Note that p.adjust literally adjusts the P-values, i.e., it multiplies the P-value by the correction factor that for Bonferroni method is $p$ and for Holm method is $p+1-k$ for the $k$th smallest P-value. In addition, for Holm method, it makes sure that the adjusted P-values have the same order as the unadjusted ones, by taking maximum over all adjusted P-values on the left hand side of each adjusted P-value when the adjusted P-values are in ascending order.

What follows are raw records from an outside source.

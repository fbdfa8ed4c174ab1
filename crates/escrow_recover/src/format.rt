//! The format of a store.
ghost use Rattle.std.specs.Prelude.{◌≡◌, ◌↔◌, ℤ, Err, IsTrue, MatchOption, OnOk, IfOk, [], ◌∷◌, codes};
ghost use Rattle.sqlite_value.specs.declared.value.Value.TheVariants.{Int as IntValue, Text as TextValue};
ghost use Rattle.sqlite_value.specs.Value.{owned};
ghost use Rattle.sqlite.specs.Held.{state};
ghost use Rattle.sqlite.specs.State.{HasCleanDisk};
ghost use Rattle.escrow_cells.specs.Formats.{format_number};
ghost use Rattle.escrow_cells.specs.Store.{HasTables, IsStoreSchema, metas, format};
ghost use Rattle.escrow_rows.specs.Answers.{IsUsable, OnlyReads};
ghost use Rattle.escrow_recover.specs.Inside.{IsKnown};
ghost use Rattle.escrow_recover.specs.Stored.{HasFormatBut};
ghost use Rattle.escrow_recover.specs.Format.{IsMetaOf};
ghost use Rattle.escrow_recover.specs.declared.unverified.Unverified.TheVariants as unverified;

use crate::unverified::Unverified;
use escrow_cells::{Format, Sink, failure_of};
use escrow_num::Failure;
use escrow_rows::RowStore;
use sqlite::types::ValueRef;
use sqlite::{Alter, Row};

/// Tests whether a database is a store of the known format: its schema, META, and SQLite's numbers
/// of the rows, in this order.
pub(crate) fn check_format<S: Alter>(
    store: &mut RowStore<S>,
    known: Format,
) -> Result<(), Unverified>
    ensures known { HasCleanDisk (state S.Store store.new)
        → OnOk result (IsTrue (state S.Store store.new).is_open
        × IsKnown (format_number known) (state S.Store store.old).now) }
    ensures foreign { IsUsable (state S.Store store.new) → result ≡ Err unverified.ForeignStore
        → IsKnown (format_number known) (state S.Store store.old).now → ⊥ }
    ensures other { IsUsable (state S.Store store.new) → result ≡ Err unverified.ForeignStore
        → HasFormatBut (format_number known) (state S.Store store.old).now → ⊥ }
    ensures version { IsUsable (state S.Store store.new) → result ≡ Err unverified.OtherFormat
        → HasFormatBut (format_number known) (state S.Store store.old).now }
    ensures only_reads { OnlyReads (state S.Store store.old) (state S.Store store.new) }
{
    if !store.is_store() {
        return Err(Unverified::ForeignStore);
    }
    check_meta(store, known)?;
    if store.are_numbered()? {
        Ok(())
    } else {
        Err(Unverified::ForeignStore)
    }
}

/// Tests whether META has the one row of the known format.
fn check_meta<S: Alter>(store: &mut RowStore<S>, known: Format) -> Result<(), Unverified>
    ensures known { HasCleanDisk (state S.Store store.new)
        → OnOk result (IsTrue (state S.Store store.new).is_open
        × (HasTables (state S.Store store.old).now.schema
        → metas (state S.Store store.old).now ≡ format (format_number known))) }
    ensures foreign { IsUsable (state S.Store store.new) → result ≡ Err unverified.ForeignStore
        → HasTables (state S.Store store.old).now.schema
        → metas (state S.Store store.old).now ≡ format (format_number known) → ⊥ }
    ensures other { IsUsable (state S.Store store.new) → result ≡ Err unverified.ForeignStore
        → HasFormatBut (format_number known) (state S.Store store.old).now → ⊥ }
    ensures version { IsUsable (state S.Store store.new) → result ≡ Err unverified.OtherFormat
        → IsStoreSchema (state S.Store store.old).now.schema
        → HasFormatBut (format_number known) (state S.Store store.old).now }
    ensures only_reads { OnlyReads (state S.Store store.old) (state S.Store store.new) }
{
    let mut meta = Meta::Empty;
    store.metas(&mut meta)?;
    let Meta::Format(number) = meta else {
        return Err(Unverified::ForeignStore);
    };
    let wanted = known.number();
    if number == wanted {
        Ok(())
    } else {
        Err(Unverified::OtherFormat)
    }
}

/// What META says, as it is read.
#[derive(Clone, Copy)]
enum Meta {
    /// Nothing so far.
    Empty,
    /// One row, with the number of a format.
    Format(i64),
    /// Anything else.
    Other,
}

impl Sink for Meta {
    ghost use Rattle.std.specs.Prelude.{◌≡◌};
    ghost use Rattle.escrow_recover.specs.declared.format.Meta.TheVariants.{Empty};
    ghost use Rattle.escrow_recover.specs.Format.{IsMetaOf};

    ghost has_taken = { λ first meta rows. first ≡ Empty → IsMetaOf meta rows };

    fn take(&mut self, row: &Row) -> Result<(), Failure> {
        *self = match *self {
            Meta::Empty => read_meta(row)?,
            _ => Meta::Other,
        };
        Ok(())
    }
}

/// Returns what META says if this is its one row.
fn read_meta(row: &Row) -> Result<Meta, Failure>
    ensures { IfOk result (λ meta. IsMetaOf meta (row.now ∷ [])) }
{
    if row.column_count() != 2 {
        return Ok(Meta::Other);
    }
    let name = row.get_ref(0).map_err(failure_of)?;
    let number = row.get_ref(1).map_err(failure_of)?;
    if !is_format(name) {
        return Ok(Meta::Other);
    }
    match number_in(number) {
        Some(number) => Ok(Meta::Format(number)),
        None => Ok(Meta::Other),
    }
}

/// Returns whether a value is the name of the format.
fn is_format(value: ValueRef<'_>) -> bool
    ensures { IsTrue result ↔ (owned value.entry ≡ TextValue (codes "format")) }
{
    match value {
        ValueRef::Text(name) => name == b"format".as_slice(),
        _ => false,
    }
}

/// Returns the whole number of a value, if it is one.
fn number_in(value: ValueRef<'_>) -> Option<i64>
    ensures { MatchOption result ((n : ℤ) → owned value.entry ≡ IntValue n → ⊥) (λ n. owned value.entry ≡ IntValue n) }
{
    match value {
        ValueRef::Int(number) => Some(number),
        _ => None,
    }
}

Criticism towards FWER control

By controlling FWER we can clearly keep the number of false positives low in the total experiment. However, the price for requiring so stringent statistical evidence is that we may also lose a lot of true positives. Eventually, the balance between avoiding false positives and catching true positives needs to be set by lossess associated with each of these types of errors. Often the FWER control becomes problematic when there are many discoveries to be made and not a large penalty for making a few false positives as well. The FWER methods simply do not have power to make those discoveries because they are so afraid of making even a single false discovery. Therefore, less stringent multiple testing correction methods have been developed to control the false discovery rates (FDRs), which will be our next topic.

Another, and maybe even larger conceptual problem with FWER is to justify why the goal should be to control simultaneously particularly this one set of possibly independent hypotheses in a frequentist manner. The world is full of all kinds of hypotheses, how can we choose exactly which ones we should control jointly and why don’t we instead control simultaneously for all possible tests that we will ever do? We will come back to this conceptual problem later and seek answers from Bayesian inference.